WHAT YOU WILL DO »
Quote the records below word for word, please, from the very first line through the one that contains "row is none.", and nothing beyond it.

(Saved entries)
-=-=-=-=-
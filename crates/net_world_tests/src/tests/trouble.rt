//! Why a story doesn't go on.

use std::alloc::AllocError;

#[derive(Clone, Copy, Debug, PartialEq, Eq)]
pub enum Trouble {
    /// Memory ran out, twice.
    NoMemory,
    /// The row is none.
    BadRow,
    /// A refused event has changed the world.
    Changed,
}

impl From<AllocError> for Trouble {
    fn from(_error: AllocError) -> Trouble {
        Trouble::NoMemory
    }
}
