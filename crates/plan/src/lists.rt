// 02, §10: "22 when the two lists and the two result lists aren't of one length or pass a limit".
ghost use Rattle.std.specs.Prelude.{◌≡◌};
ghost use Rattle.plan.specs.Plan as P;

use refusal::rows::MOST_BLOCK;

// The most calls of a plan.
pub const MOST_CALLS: usize = 4096;

// Whether no length passes the limit.
fn lengths_fine(lengths: &[usize]) -> bool
    ensures { result ≡ P.lengths_fine lengths.now }
{
    lengths.iter().all(|length| *length <= MOST_BLOCK)
}

#[tactic(auto, unfolding(crate::specs::Plan::lists_fine))]
pub(crate) fn lists_fine(
    pieces: &[usize],
    spans: &[usize],
    taken_places: usize,
    written_places: usize,
) -> bool
    ensures { result ≡ P.lists_fine pieces.now spans.now taken_places written_places }
{
    let calls = pieces.len();
    spans.len() == calls
        && taken_places == calls
        && written_places == calls
        && calls <= MOST_CALLS
        && lengths_fine(pieces)
        && lengths_fine(spans)
}
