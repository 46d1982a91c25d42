// 02, request 10: what the calls of a feeding plan would take and write, before a line is opened.
#![tactic(auto)]

mod counting;
mod feeding;
mod lists;

pub use crate::feeding::feeding_plan;
pub use crate::lists::MOST_CALLS;
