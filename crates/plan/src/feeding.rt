// 02, §10: a feeding plan is stepped through, call by call.
ghost use Rattle.std.specs.Prelude.{◌≡◌, map, length};
ghost use Rattle.refusal.specs.Outcome.{number_in};
ghost use Rattle.refusal.specs.declared.Moved.{Moved};
ghost use Rattle.line.specs.Outputs as O;
ghost use Rattle.plan.specs.Plan as P;
ghost use Rattle.plan.specs.inner.Ticking as K;

use crate::counting::Clock;
use crate::lists::lists_fine;
use line::Settings;
use line::opening::answer;
use refusal::Refusal;

// Each call of a plan, one after the other.
// By their numbers: behind a zip with `iter_mut` a proof knows of the lists of counts their lengths alone.
fn feeds_counted(
    clock: &mut Clock,
    pieces: &[usize],
    spans: &[usize],
    taken: &mut [usize],
    written: &mut [usize],
)
    requires { K.Runs clock.old × (length spans.now ≡ length pieces.now) × (length taken.old ≡ length pieces.now) × (length written.old ≡ length pieces.now) }
    ensures { (taken.new ≡ map (λ (m : Moved). m.taken) (K.count_feeds clock.old pieces.now spans.now))
        × (written.new ≡ map (λ (m : Moved). m.written) (K.count_feeds clock.old pieces.now spans.now)) }
{
    for i in 0..pieces.len() {
        let moved = clock.feed(pieces[i], spans[i]);
        taken[i] = moved.taken;
        written[i] = moved.written;
    }
}

// What each call of a plan would take and write, of a line that is opened with these settings, taps and prototype: the lengths of the pieces and of the spans, and
// the two lists of counts. All refusals of the opening come before 22. A refused plan leaves both lists as they were lent.
// Settings, taps and prototype stay three: a struct of them would be put together by the caller in C's interface, and taken apart in the first line.
pub fn feeding_plan(
    settings: Settings,
    taps: &[i16],
    prototype: &[f32],
    pieces: &[usize],
    spans: &[usize],
    taken: &mut [usize],
    written: &mut [usize],
) -> Result<(), Refusal>
    ensures answer { (
        let opening : O.Opening = record { settings = settings; taps = taps.now; prototype = prototype.now } in
        number_in result ≡ P.plan_number opening pieces.now spans.now (length taken.old) (length written.old)) }
    ensures kept { (
        let opening : O.Opening = record { settings = settings; taps = taps.now; prototype = prototype.now } in
        number_in result ≡ 0 → P.PlanKept opening pieces.now spans.now taken.new written.new) }
    ensures refused { (number_in result ≡ 0 → ⊥) → (taken.new ≡ taken.old) × (written.new ≡ written.old) }
{
    answer(settings, taps.len(), prototype.len())?;
    if !lists_fine(pieces, spans, taken.len(), written.len()) {
        return Err(Refusal::Plan);
    }
    let mut clock = Clock::of_line(settings, taps.len());
    feeds_counted(&mut clock, pieces, spans, taken, written);
    Ok(())
}
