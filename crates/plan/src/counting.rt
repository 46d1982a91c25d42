// A line that only counts. The CIC decimator, the FIR and the half-band stages each make a value of every so many, so together they are one countdown: so many
// samples until the next value reaches the resampler, and then so many from each to the next. The samples between two values are counted at once.
ghost use Rattle.std.specs.Prelude.{◌≡◌, cond, ◌+◌, ◌*◌, ◌^◌, ◌≤◌, None, Some};
ghost use Rattle.q15.specs.FirDecimator.{most_taps};
ghost use Rattle.chain.specs.inner.Counting.{or_one};
ghost use Rattle.plan.specs.inner.Ticking as K;

use chain::room::or_one;
use line::Settings;
use refusal::Moved;

// How far a resampler goes on with each output, and where its next one lies.
#[derive(Clone, Copy)]
pub struct Pace {
    pub step: f32,
    pub mu: f32,
}

#[derive(Clone, Copy)]
pub struct Clock {
    // Samples up to and with the one whose value reaches the resampler next.
    pub left: usize,
    // Samples from one such value to the next.
    pub period: usize,
    // The resampler's, if there is one. Without one a value is written as it comes.
    pub pace: Option<Pace>,
}

// Beside half_band's own `rate_change`, which no other crate sees: to hand it out takes more lines than this one.
fn two_to(depth: usize) -> usize
    requires { depth ≤ 5 }
    ensures { result ≡ 2 ^ depth }
{
    1usize << depth
}

impl Clock {
    // The clock of a resampler alone, which gets every value.
    fn of_resampler(s: Settings) -> Clock
        ensures { result ≡ K.resampler_clock s }
    {
        let pace = Pace {
            step: s.step,
            mu: 1.0,
        };
        Clock {
            left: 1,
            period: 1,
            pace: (s.phases != 0).then_some(pace),
        }
    }

    // The clock behind a section whose next value is `left` samples away, and each other `period` more.
    fn slowed(self, left: usize, period: usize) -> Clock
        requires { (left ≤ 4096) × (period ≤ 4096) × (1 ≤ self.left) × (self.left ≤ 4294967296) × (self.period ≤ 4294967296) }
        ensures is { result ≡ K.slowed left period self }
        ensures bounds { (left ≤ result.left) × (result.left ≤ left + self.left * 4096) × (result.period ≤ 4096 * self.period) }
    {
        Clock {
            left: left + (self.left - 1) * period,
            period: period * self.period,
            ..self
        }
    }

    // The clock of a line that was just opened.
    pub(crate) fn of_line(s: Settings, tap_count: usize) -> Clock
        requires { (1 ≤ s.r) × (s.r ≤ 4096) × (1 ≤ or_one tap_count tap_count) × (or_one tap_count tap_count ≤ most_taps) × (or_one tap_count s.factor ≤ 4096) × (s.depth ≤ 5) }
        ensures { result ≡ K.start_clock s tap_count }
    {
        let rate = two_to(s.depth);
        let behind = Clock::of_resampler(s).slowed(rate, rate);
        let first = or_one(tap_count, tap_count);
        let filtered = behind.slowed(first, or_one(tap_count, s.factor));
        filtered.slowed(s.r, s.r)
    }

    // A feed of a line without a resampler: each value is written as it comes, so how many come is one division. In a loop the compiler counted sixteen turns at once, which
    // took longer than one by one.
    fn feed_values(&mut self, piece: usize, places: usize) -> Moved
        requires { (K.Runs self.old) × (self.old.pace ≡ None) }
        ensures { K.CountedTo self.old piece places result.taken result.written self.new }
    {
        if places == 0 {
            return Moved {
                taken: 0,
                written: 0,
            };
        }
        if piece < self.left {
            self.left -= piece;
            return Moved {
                taken: piece,
                written: 0,
            };
        }
        let behind = piece - self.left;
        let more = (behind / self.period).min(places - 1);
        let rest = behind - more * self.period;
        if more + 1 == places {
            self.left = self.period;
            return Moved {
                taken: piece - rest,
                written: places,
            };
        }
        self.left = self.period - rest;
        Moved {
            taken: piece,
            written: more + 1,
        }
    }

    // The same where a resampler gets the values: "An output is due when the resampler is on and mu < 1." A value lowers mu, and an output that is due raises it by the step.
    fn feed_paced(&mut self, pace: Pace, piece: usize, places: usize) -> Moved
        requires { (K.Runs self.old) × (self.old.pace ≡ Some pace) }
        ensures { K.CountedTo self.old piece places result.taken result.written self.new }
    {
        let period = self.period;
        let mut left = self.left;
        let mut mu = pace.mu;
        let mut taken: usize = 0;
        let mut written: usize = 0;
        while written < places {
            if mu < 1.0 {
                mu += pace.step;
                written += 1;
            } else {
                let rest = piece - taken;
                if rest < left {
                    left -= rest;
                    taken = piece;
                    break;
                }
                taken += left;
                left = period;
                mu -= 1.0;
            }
        }
        self.left = left;
        self.pace = Some(Pace { mu, ..pace });
        Moved { taken, written }
    }

    // A feed of so many samples, into so many places.
    pub(crate) fn feed(&mut self, piece: usize, places: usize) -> Moved
        requires { K.Runs self.old }
        ensures { K.CountedTo self.old piece places result.taken result.written self.new }
    {
        match self.pace {
            None => self.feed_values(piece, places),
            Some(pace) => self.feed_paced(pace, piece, places),
        }
    }
}
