ghost use Rattle.std.specs.Prelude.{◌≡◌, ℕ, List, Result};
ghost use Rattle.command_stages.specs.declared.done.Done.{Done};
ghost use Rattle.command_stages.specs.declared.trouble.Trouble.{Trouble};
ghost use Rattle.program_words.specs.Words.{VerifySaid};
ghost use Rattle.verify_command.specs.Judged.{IsVerifyDue};

use command_stages::one_read;
use report_stages::one_judgement;

/// A law: what is due for three documents is determined.
pub fn one_verdict()
    ensures { (told : List (List ℕ × List ℕ)) (v : VerifySaid) (a b : Result Done Trouble)
        → IsVerifyDue told v a → IsVerifyDue told v b → a ≡ b }
{
    one_read();
    one_judgement();
}
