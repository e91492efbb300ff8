ghost use Rattle.std.specs.Prelude.{◌≢◌, ℕ, List, IfErr, ◌≤◌, IfOk, IfSome};
ghost use Rattle.command_stages.specs.Named.{IsDetermined, IsReadFault, IsReadFaultOf};
ghost use Rattle.currency_edge.specs.Fault.{Rose};
ghost use Rattle.verify_command.specs.Judged.{IsJudgedDue, IsVerifyDue, IsVerifyDocumentDue, verify_said};
ghost use Rattle.verify_command.specs.Shown.{IsShownRight, IsVerifyPrinted};

use crate::text::accepted;
use command_stages::{Done, Trouble, read_specification, read_the_question};
use currency_edge::Shelf;
use program_words::Verify;
use report_model::VerdictKind;
use report_stages::judge_document;
use std::alloc::Global;

// All stages of `verify`.
fn verify_documents<S: Shelf>(
    alloc: Global,
    shelf: &mut S,
    asked: Verify<'_>,
) -> Result<VerdictKind, Trouble>
    ensures later { S.faults shelf.old ≤ S.faults shelf.new }
    ensures due { IsDetermined result → IfSome (S.texts shelf.old) (λ told. IsJudgedDue told (verify_said asked.entry) result) }
    ensures right { IfOk result (λ kind. IfSome (S.texts shelf.old) (λ told. IsShownRight told (verify_said asked.entry) kind)) }
    ensures read_fault { IsReadFault result → Rose (S.faults shelf.old) (S.faults shelf.new) }
    ensures unread { (n : List ℕ) → IsReadFaultOf result n
        → IfSome (S.texts shelf.old) (λ told. IsVerifyDocumentDue told (verify_said asked.entry) n) }
    ensures not_words { IfErr result (λ e. e ≢ Trouble.Words) }
{
    let spec = match read_specification(alloc, shelf, asked.spec) {
        Ok(spec) => spec,
        Err(trouble) => return Err(trouble),
    };
    let question = match read_the_question(alloc, shelf, &spec, asked.question) {
        Ok(question) => question,
        Err(trouble) => return Err(trouble),
    };
    judge_document(alloc, shelf, asked.report, &spec, &question)
}

/// All stages of `verify`, and the line that tells what the report shows.
pub fn verified<S: Shelf>(alloc: Global, shelf: &mut S, asked: Verify<'_>) -> Result<Done, Trouble>
    ensures later { S.faults shelf.old ≤ S.faults shelf.new }
    ensures due { IsDetermined result → IfSome (S.texts shelf.old) (λ told. IsVerifyDue told (verify_said asked.entry) result) }
    ensures printed { IfOk result (λ done. IfSome (S.texts shelf.old)
        (λ told. IsVerifyPrinted told (verify_said asked.entry) done)) }
    ensures read_fault { IsReadFault result → Rose (S.faults shelf.old) (S.faults shelf.new) }
    ensures unread { (n : List ℕ) → IsReadFaultOf result n
        → IfSome (S.texts shelf.old) (λ told. IsVerifyDocumentDue told (verify_said asked.entry) n) }
    ensures not_words { IfErr result (λ e. e ≢ Trouble.Words) }
{
    match verify_documents(alloc, shelf, asked) {
        Ok(kind) => accepted(alloc, kind),
        Err(trouble) => Err(trouble),
    }
}
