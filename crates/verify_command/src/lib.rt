//! The command `verify`: whether a report shows its verdict on a specification and a question.
#![tactic(auto)]

mod laws;
mod text;
mod verifying;

pub use laws::one_verdict;
pub use verifying::verified;
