ghost use Rattle.std.specs.Prelude.{◌≡◌, IfErr, IfOk};
ghost use Rattle.verify_command.specs.Judged.{accepted_done, accepted_text};

use command_stages::{Done, Ending, Trouble, bytes_of};
use currency_base::{ByteList, NoMemory};
use report_model::VerdictKind;
use std::alloc::Global;

// The line of a report that shows its verdict.
fn accepted_line(alloc: Global, kind: VerdictKind) -> Result<ByteList, NoMemory>
    ensures { IfOk result (λ text. text ≡ accepted_text kind) }
{
    let kind = kind.text();
    let text = format!(in alloc; "accepted {kind}\n")?;
    Ok(bytes_of(text))
}

/// What a report that shows a verdict of this kind comes to.
pub fn accepted(alloc: Global, kind: VerdictKind) -> Result<Done, Trouble>
    ensures printed { IfOk result (λ done. done ≡ accepted_done kind) }
    ensures memory { IfErr result (λ e. e ≡ Trouble.NoMemory) }
{
    match accepted_line(alloc, kind) {
        Ok(text) => Ok(Done {
            text,
            ending: Ending::Printed,
        }),
        Err(_) => Err(Trouble::NoMemory),
    }
}
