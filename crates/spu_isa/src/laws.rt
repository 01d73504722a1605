//! The laws that join words and instructions.

ghost use Rattle.std.specs.Prelude.{◌≡◌, ◌↔◌, ℕ, Some};
ghost use Rattle.spu_isa.specs.declared.instruction.Inst.{Inst};
ghost use Rattle.spu_isa.specs.Table.{Decodes};
ghost use Rattle.spu_isa.specs.Decoding.{decoded};

/// What a word is decoded as is what the table says that it is.
pub fn decoding_follows_the_table()
    ensures { (w : ℕ) (x : Inst) → (decoded w ≡ Some x) ↔ Decodes w x }
{}

/// No word is two instructions.
pub fn one_instruction()
    ensures { (w : ℕ) (x y : Inst) → Decodes w x → Decodes w y → x ≡ y }
{}

/// No instruction has two words.
pub fn one_word()
    ensures { (v w : ℕ) (x : Inst) → Decodes v x → Decodes w x → v ≡ w }
{}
-=-=-=-=-
SOLUTION »
filename crates/net_world_tests/src/tests/trouble.rt
//! Why a story doesn't go on.

use std::alloc::AllocError;

#[derive(Clone, Copy, Debug, PartialEq, Eq)]
pub enum Trouble {
    /// Memory ran out, twice.
    NoMemory,
    /// The row is none.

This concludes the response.